Computational techniques based on simulation have now become an essential part of the statistician's toolbox. It is thus crucial to provide statisticians with a practical understanding of those methods, and there is no better way to develop intuition and skills for simulation than to use simulation to solve statistical problems. Introducing Monte Carlo Methods with R covers the main tools used in statistical simulation from a programmer's point of view, explaining the R implementation of each simulation technique and providing the output for better understanding and comparison. While this book constitutes a comprehensive treatment of simulation methods, the theoretical justification of those methods has been considerably reduced, compared with Robert and Casella (2004). Similarly, the more exploratory and less stable solutions are not covered here. This book does not require a preliminary exposure to the R programming language or to Monte Carlo methods, nor an advanced mathematical background.

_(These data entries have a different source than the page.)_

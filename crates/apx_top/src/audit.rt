//! The verdict on a journal.
ghost use Rattle.std.specs.Prelude.{◌≡◌, ◌≤◌, IsErr, option_map};
ghost use Rattle.apx_cause.specs.Cause.{Rose};
ghost use Rattle.apx_load.specs.Hearing.{HasHeard};
ghost use Rattle.apx_load.specs.Refusals.{by_answers};
ghost use Rattle.apx_script.specs.Settings.{IsSettings};
ghost use Rattle.apx_top.specs.Audits.{end_text, verdict_text};
ghost use Rattle.apx_top.specs.Changes.{output_change};
ghost use Rattle.apx_top.specs.Plain.{HasToldTo, of_journal};
ghost use Rattle.apx_top.specs.Sent.{HasWritten};

use crate::write::Text;
use apx_audit::AuditEnd;
use apx_device::{Failed, Folder, Out};
use apx_json::Name;
use apx_load::Stop;
use apx_script::Settings;
use itoa::Buffer;
use std::alloc::Global;

/// How a journal ends, in a word.
fn end_text(end: AuditEnd) -> &'static str
    ensures { result.now ≡ end_text end }
{
    match end {
        AuditEnd::Ended => "ended",
        AuditEnd::Fault => "fault",
        AuditEnd::Open => "open",
    }
}

/// Writes that a journal of so many entries is legal, and how it ends, or a front of that where the output fails.
fn write_verdict<O: Out>(out: &mut O, count: usize, end: AuditEnd) -> Result<(), Failed>
    ensures written { HasWritten O.tells (verdict_text count end) result (O.written out.old) (O.written out.new) }
    ensures later { O.faults out.old ≤ O.faults out.new }
    ensures cause { IsErr result → Rose (O.faults out.old) (O.faults out.new) }
{
    let mut buffer = Buffer::new();
    let count = buffer.format(count);
    ("legal ", (count, (" ", (end_text(end), "\n")))).write_to(out)
}

/// Reads an application, its inputs, its script and then a journal, and writes how many entries the journal has and how it
/// ends, where it is legal.
pub(crate) fn audit<F: Folder, O: Out>(
    alloc: Global,
    files: &mut F,
    name: &str,
    journal: &str,
    script: Option<&Name>,
    settings: Settings,
    out: &mut O,
) -> Result<(), Stop>
    requires { IsSettings settings }
    ensures told { F.told files.new ≡ F.told files.old }
    ensures heard { HasHeard F.tells (F.told files.old) (F.heard files.old) (F.heard files.new) (λ answers.
        HasToldTo (of_journal (by_answers answers) name.now journal.now (option_map (λ n. n.now) script.entry) settings) answers
        (Rose (F.faults files.old) (F.faults files.new)) (output_change O.tells O.written O.faults out.old out.new) result) }
{
    let audited = apx_load::audit(alloc, files, name, journal, script, settings)?;
    Ok(write_verdict(out, audited.journal.entries().len(), audited.end)?)
}
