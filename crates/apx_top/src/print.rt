//! Printing the windows that the keeper holds, and counting their rows.
ghost use Rattle.std.specs.Prelude.{◌≡◌, ◌≤◌, ◌-◌, List, Some, length, IsTrue, IfOk, IfErr, OnOk, slice_get, take};
ghost use Rattle.apx_cause.specs.Cause.{Rose};
ghost use Rattle.apx_tuple.specs.declared.tuple.Tuple.{Tuple};
ghost use Rattle.apx_pass.specs.Texts.{window_text as text_of, windows_text};
ghost use Rattle.apx_load.specs.Stops.{IsCaused, no_causes};
ghost use Rattle.apx_top.specs.Run.{printing_causes, row_count};
ghost use Rattle.apx_top.specs.Sent.{HasWritten};

use crate::write::write_all;
use apx_device::{Keeper, Out};
use apx_load::Stop;
use apx_report::window_text;
use apx_tuple::Tuple;
use std::alloc::Global;

/// Writes a window's text, with identifiers over a base second.
fn write_window<O: Out>(
    alloc: Global,
    base: u32,
    window: u32,
    rows: &[Tuple],
    out: &mut O,
) -> Result<(), Stop>
    requires base { base ≤ 4294959295 }
    requires low { 1 ≤ window }
    requires high { window ≤ 20000 }
    ensures written { HasWritten O.tells (text_of base window rows.now) result (O.written out.old) (O.written out.new) }
    ensures later { O.faults out.old ≤ O.faults out.new }
    ensures stop { IfErr result (IsCaused (record no_causes { output = Rose (O.faults out.old) (O.faults out.new) })) }
{
    let mut text = Vec::new(alloc);
    window_text(base, window, rows, &mut text)?;
    Ok(write_all(out, &text)?)
}

/// Prints a window that the keeper holds, and answers how many rows it has.
fn print_window<K: Keeper, O: Out>(
    alloc: Global,
    keeper: &mut K,
    base: u32,
    window: u32,
    out: &mut O,
) -> Result<u64, Stop>
    requires base { base ≤ 4294959295 }
    requires sound { IsTrue (K.sound keeper.old) }
    requires low { 1 ≤ window }
    requires high { window ≤ 20000 }
    requires there { window ≤ K.last keeper.old }
    ensures stored { K.stored keeper.new ≡ K.stored keeper.old }
    ensures last { K.last keeper.new ≡ K.last keeper.old }
    ensures sound { OnOk result (IsTrue (K.sound keeper.new)) }
    ensures count { IsTrue K.tells → (rows : List Tuple) → slice_get (K.stored keeper.old) (window - 1) ≡ Some rows →
        IfOk result (λ count. count ≡ length rows) }
    ensures written { IsTrue K.tells → (rows : List Tuple) → slice_get (K.stored keeper.old) (window - 1) ≡ Some rows →
        HasWritten O.tells (text_of base window rows) result (O.written out.old) (O.written out.new) }
    ensures store_later { K.faults keeper.old ≤ K.faults keeper.new }
    ensures later { O.faults out.old ≤ O.faults out.new }
    ensures stop { IfErr result (IsCaused
        (printing_causes (Rose (K.faults keeper.old) (K.faults keeper.new)) (Rose (O.faults out.old) (O.faults out.new)))) }
{
    let rows = keeper.rows(alloc, window)?;
    write_window(alloc, base, window, &rows, out)?;
    Ok(rows.len() as u64)
}

/// Prints the keeper's windows from the first to the number `windows`, or a front of that text, and answers how many rows they
/// have, up to the type's last value.
pub(crate) fn print_all<K: Keeper, O: Out>(
    alloc: Global,
    keeper: &mut K,
    base: u32,
    windows: u32,
    out: &mut O,
) -> Result<u64, Stop>
    requires base { base ≤ 4294959295 }
    requires sound { IsTrue (K.sound keeper.old) }
    requires few { windows ≤ 20000 }
    requires there { windows ≤ K.last keeper.old }
    ensures stored { K.stored keeper.new ≡ K.stored keeper.old }
    ensures last { K.last keeper.new ≡ K.last keeper.old }
    ensures count { IsTrue K.tells → windows ≤ length (K.stored keeper.old) →
        IfOk result (λ count. count ≡ row_count (take windows (K.stored keeper.old))) }
    ensures written { IsTrue K.tells → windows ≤ length (K.stored keeper.old) →
        HasWritten O.tells (windows_text base 1 (take windows (K.stored keeper.old))) result
        (O.written out.old) (O.written out.new) }
    ensures store_later { K.faults keeper.old ≤ K.faults keeper.new }
    ensures later { O.faults out.old ≤ O.faults out.new }
    ensures stop { IfErr result (IsCaused
        (printing_causes (Rose (K.faults keeper.old) (K.faults keeper.new)) (Rose (O.faults out.old) (O.faults out.new)))) }
{
    let mut count: u64 = 0;
    for done in 0..windows {
        count = count.saturating_add(print_window(alloc, keeper, base, done + 1, out)?);
    }
    Ok(count)
}

/// How many rows the keeper's windows have, from the first to the number `windows`, up to the type's last value.
pub(crate) fn count_all<K: Keeper>(alloc: Global, keeper: &mut K, windows: u32) -> Result<u64, Stop>
    requires sound { IsTrue (K.sound keeper.old) }
    requires there { windows ≤ K.last keeper.old }
    ensures stored { K.stored keeper.new ≡ K.stored keeper.old }
    ensures last { K.last keeper.new ≡ K.last keeper.old }
    ensures count { IsTrue K.tells → windows ≤ length (K.stored keeper.old) →
        IfOk result (λ count. count ≡ row_count (take windows (K.stored keeper.old))) }
    ensures later { K.faults keeper.old ≤ K.faults keeper.new }
    ensures stop { IfErr result (IsCaused (record no_causes { store = Rose (K.faults keeper.old) (K.faults keeper.new) })) }
{
    let mut count: u64 = 0;
    for done in 0..windows {
        count = count.saturating_add(keeper.rows(alloc, done + 1)?.len() as u64);
    }
    Ok(count)
}
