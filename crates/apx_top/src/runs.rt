//! Runs through the core: what is reported, and what a failing device leaves.
ghost use Rattle.std.specs.Prelude.{IsTrue};

use super::*;
use crate::calls::plain;
use apx_device::{
    FailingKeeper, FailingSpools, FailingVault, GivenVault, Keeper, MemoryFolder, MemoryKeeper,
    MemoryOut, MemorySpools, MemoryVault, Spools, Vault,
};
use std::alloc::{AllocError, Global};
use std::process::Abort;
use std::test::Fail;

/// Counts the words of in.txt in two partitions, a line to a window.
pub(crate) const SINGLE: &str =
    r#"{"operators":[{"name":"read","class":"lines","properties":{"file":"in.txt","perWindow":1}},{"name":"split","class":"words"},{"name":"tally","class":"count","attributes":{"PARTITIONS":2}},{"name":"out","class":"store"}],"streams":[{"name":"s1","source":{"operatorName":"read","portName":"output"},"sinks":[{"operatorName":"split","portName":"input"}]},{"name":"s2","source":{"operatorName":"split","portName":"output"},"sinks":[{"operatorName":"tally","portName":"input"}]},{"name":"s3","source":{"operatorName":"tally","portName":"output"},"sinks":[{"operatorName":"out","portName":"input"}]}]}"#;

/// Six lines.
pub(crate) const SIX: &str = "a\nb\nc\na\nb\nc\n";

/// What the six windows print.
pub(crate) const SIX_TEXT: &str =
    "window 1 4294967296000000000 1\na\t1\nwindow 2 4294967296000000001 1\nb\t1\nwindow 3 4294967296000000002 1\nc\t1\nwindow 4 4294967296000000003 1\na\t2\nwindow 5 4294967296000000004 1\nb\t2\nwindow 6 4294967296000000005 1\nc\t2\n";

/// What a run left behind: its status, both outputs, how many windows are stored, and how many entries its journal has.
#[derive(Drop)]
struct Left {
    status: u8,
    out: Vec<u8>,
    err: Vec<u8>,
    stored: u32,
    entries: usize,
    shown: bool,
    spool: bool,
}

/// How many entries a history has.
fn entries(history: &History) -> usize {
    match history {
        History::Nothing => 0,
        History::Core(journal) => journal.journal().entries().len(),
    }
}

/// What a run with these words, input and script over these devices leaves.
fn run_over<K: Keeper + Drop, V: Vault + Drop, P: Spools + Drop>(
    alloc: Global,
    given: &[&str],
    input: &str,
    script: &str,
    devices: Devices<K, V, P>,
) -> Result<Left, Fail>
    requires sound { IsTrue (K.sound devices.keeper) }
    requires vault_sound { IsTrue (V.sound devices.vault) }
{
    let mut files = MemoryFolder::new(alloc);
    files.add(alloc, "app.json", SINGLE.as_bytes().to_vec(alloc)?)?;
    files.add(alloc, "in.txt", input.as_bytes().to_vec(alloc)?)?;
    files.add(alloc, "script.txt", script.as_bytes().to_vec(alloc)?)?;
    let mut words = Vec::new(alloc);
    for word in given {
        words.push(String::from_str(alloc, word)?)?;
    }
    let (mut out, mut err) = (MemoryOut::new(alloc), MemoryOut::new(alloc));
    let ended = plain(alloc, &words, &mut files, devices, &mut out, &mut err);
    Ok(Left {
        status: ended.status,
        out: Vec::from_slice(alloc, out.written())?,
        err: Vec::from_slice(alloc, err.written())?,
        stored: ended.devices.keeper.last(),
        entries: entries(&ended.journal),
        shown: ended.shown.is_some(),
        spool: ended.spool.is_some(),
    })
}

/// Devices in memory.
pub(crate) fn memory(alloc: Global) -> Devices<MemoryKeeper, MemoryVault, MemorySpools> {
    Devices {
        keeper: MemoryKeeper::new(alloc),
        vault: MemoryVault::new(alloc),
        spools: MemorySpools::new(alloc),
    }
}

fn expect(rt: &impl Abort, left: &Left, status: u8, out: &str, err: &str) {
    assert_eq!(rt; std::str::from_utf8(left.err.as_slice()).unwrap_or(""), err);
    assert_eq!(rt; left.out.as_slice(), out.as_bytes());
    assert_eq!(rt; left.status, status);
}

#[test]
fn a_run_is_reported(rt: HostRuntime) -> Result<(), Fail> {
    let alloc = rt.alloc();
    let left = run_over(alloc, &["sim", "app.json"], "", "", memory(alloc))?;
    let none =
        "windows 0\nrows 0\nstarts 0\nwrites 0\nsaves 0\nkills 0\nrepartitions 0\ncommitted 0\n";
    expect(&rt, &left, 0, "", none);
    assert_eq!(rt; left.entries, 1);
    for order in ["0", "1", "7"] {
        let words = ["sim", "app.json", "--checkpoint", "2", "--order", order];
        let left = run_over(alloc, &words, SIX, "", memory(alloc))?;
        let report =
            "windows 6\nrows 6\nstarts 30\nwrites 6\nsaves 15\nkills 0\nrepartitions 0\ncommitted 6\n";
        expect(&rt, &left, 0, SIX_TEXT, report);
    }
    Ok(())
}

#[test]
fn each_failing_device_has_its_status(rt: HostRuntime) -> Result<(), Fail> {
    let alloc = rt.alloc();
    let words = ["sim", "app.json", "--checkpoint", "2"];
    let devices = Devices {
        keeper: MemoryKeeper::new(alloc),
        vault: FailingVault::new(MemoryVault::new(alloc), [1].to_vec(alloc)?),
        spools: MemorySpools::new(alloc),
    };
    let left = run_over(alloc, &words, SIX, "", devices)?;
    expect(&rt, &left, 8, "", "apex: checkpoint store failed\n");
    let devices = Devices {
        keeper: FailingKeeper::new(MemoryKeeper::new(alloc), [2].to_vec(alloc)?, false),
        vault: MemoryVault::new(alloc),
        spools: MemorySpools::new(alloc),
    };
    let left = run_over(alloc, &words, SIX, "", devices)?;
    expect(&rt, &left, 9, "", "apex: sink store failed\n");
    assert_eq!(rt; left.stored, 1);
    let devices = Devices {
        keeper: MemoryKeeper::new(alloc),
        vault: MemoryVault::new(alloc),
        spools: FailingSpools::new(alloc, [1].to_vec(alloc)?, Vec::new(alloc), Vec::new(alloc)),
    };
    let left = run_over(alloc, &words, SIX, "", devices)?;
    expect(&rt, &left, 10, "", "apex: spool failed\n");
    assert_eq!(rt; left.entries, 0);
    assert!(rt; !left.spool);
    Ok(())
}

#[test]
fn a_spool_that_fails_hands_out_how(rt: HostRuntime) -> Result<(), Fail> {
    let alloc = rt.alloc();
    let long = "a b c d e f g h i j k l m n o p q r s t u v w x y z\n";
    let words = ["sim", "app.json", "--block", "1040", "--keep", "1"];
    let mut input = String::new(alloc);
    for _ in 0..3 {
        input.push_str(long)?;
    }
    let devices = Devices {
        keeper: MemoryKeeper::new(alloc),
        vault: MemoryVault::new(alloc),
        spools: FailingSpools::new(alloc, Vec::new(alloc), [1].to_vec(alloc)?, Vec::new(alloc)),
    };
    let left = run_over(alloc, &words, input.as_str(), "", devices)?;
    expect(&rt, &left, 10, "", "apex: spool failed\n");
    assert!(rt; left.spool);
    Ok(())
}

/// What `gen` with this number and size prints.
fn generated(alloc: Global, number: &str, size: &str) -> Result<Left, Fail> {
    run_over(alloc, &["gen", number, size], "", "", memory(alloc))
}

/// Whether a text has this line.
fn has_line(text: &str, wanted: &str) -> bool {
    for line in text.lines() {
        if line == wanted {
            return true;
        }
    }
    false
}

/// Expects each of these lines in a report.
pub(crate) fn expect_lines(rt: &impl Abort, report: &[u8], lines: &[&str]) {
    let report = std::str::from_utf8(report).unwrap_or("");
    for line in lines {
        assert!(rt; has_line(report, line));
    }
}

#[test]
fn kills_and_repartitions_change_no_row(rt: HostRuntime) -> Result<(), Fail> {
    let alloc = rt.alloc();
    let rows: [(&str, &[&str]); 5] = [
        ("kill before 5 0 tally\n", &["kills 1", "repartitions 0"]),
        ("kill staged 5 0 tally\n", &["kills 1", "repartitions 0"]),
        ("kill done 5 0 tally\n", &["kills 1", "repartitions 0"]),
        ("kill written 3 0 out\n", &["kills 1", "repartitions 0"]),
        (
            "repartition 4 3 tally\n",
            &["starts 32", "saves 16", "kills 0", "repartitions 1"],
        ),
    ];
    for (script, lines) in rows {
        let words = [
            "sim",
            "app.json",
            "--script",
            "script.txt",
            "--checkpoint",
            "2",
        ];
        let left = run_over(alloc, &words, SIX, script, memory(alloc))?;
        assert_eq!(rt; left.status, 0);
        assert_eq!(rt; left.out.as_slice(), SIX_TEXT.as_bytes());
        expect_lines(
            &rt,
            &left.err,
            &["windows 6", "rows 6", "writes 6", "committed 6"],
        );
        expect_lines(&rt, &left.err, lines);
    }
    Ok(())
}

#[test]
fn bytes_that_spell_no_state_are_shown(rt: HostRuntime) -> Result<(), Fail> {
    let alloc = rt.alloc();
    let words = [
        "sim",
        "app.json",
        "--checkpoint",
        "1",
        "--script",
        "script.txt",
    ];
    let devices = Devices {
        keeper: MemoryKeeper::new(alloc),
        vault: GivenVault::new([7].to_vec(alloc)?),
        spools: MemorySpools::new(alloc),
    };
    let left = run_over(alloc, &words, SIX, "kill done 6 0 tally\n", devices)?;
    expect(&rt, &left, 11, "", "apex: checkpoint damaged\n");
    assert!(rt; left.shown);
    Ok(())
}

#[test]
fn no_run_begins_over_a_store_with_more_windows(rt: HostRuntime) -> Result<(), Fail> {
    let alloc = rt.alloc();
    let mut keeper = MemoryKeeper::new(alloc);
    keeper.commit(1, &[])?;
    let devices = Devices {
        keeper,
        vault: MemoryVault::new(alloc),
        spools: MemorySpools::new(alloc),
    };
    let left = run_over(alloc, &["sim", "app.json"], "", "", devices)?;
    expect(&rt, &left, 13, "", "apex: out of memory\n");
    assert_eq!(rt; left.entries, 0);
    assert_eq!(rt; left.stored, 1);
    Ok(())
}

#[test]
fn an_example_is_run_and_reported(rt: HostRuntime) -> Result<(), Fail> {
    let left = generated(rt.alloc(), "7", "80")?;
    assert_eq!(rt; left.status, 0);
    assert_eq!(rt; left.err.len(), 0);
    let lines = [
        "windows 8",
        "writes 8",
        "kills 2",
        "repartitions 1",
        "committed 8",
    ];
    expect_lines(&rt, &left.out, &lines);
    let left = generated(rt.alloc(), "7", "70")?;
    expect_lines(
        &rt,
        &left.out,
        &["windows 7", "kills 0", "repartitions 0", "committed 4"],
    );
    Ok(())
}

While many examples are set within a Bayesian framework, advanced expertise in Bayesian statistics is not required. The book covers basic random generation algorithms, Monte Carlo techniques for integration and optimization, convergence diagnoses, Markov chain Monte Carlo methods, including Metropolis {Hastings and Gibbs algorithms, and adaptive algorithms. All chapters include exercises and all R programs are available as an R package called mcsm. The book appeals to anyone with a practical interest in simulation methods but no previous exposure. It is meant to be useful for students and practitioners in areas such as statistics, signal processing, communications engineering, control theory, econometrics, finance and more. The programming parts are introduced progressively to be accessible to any reader.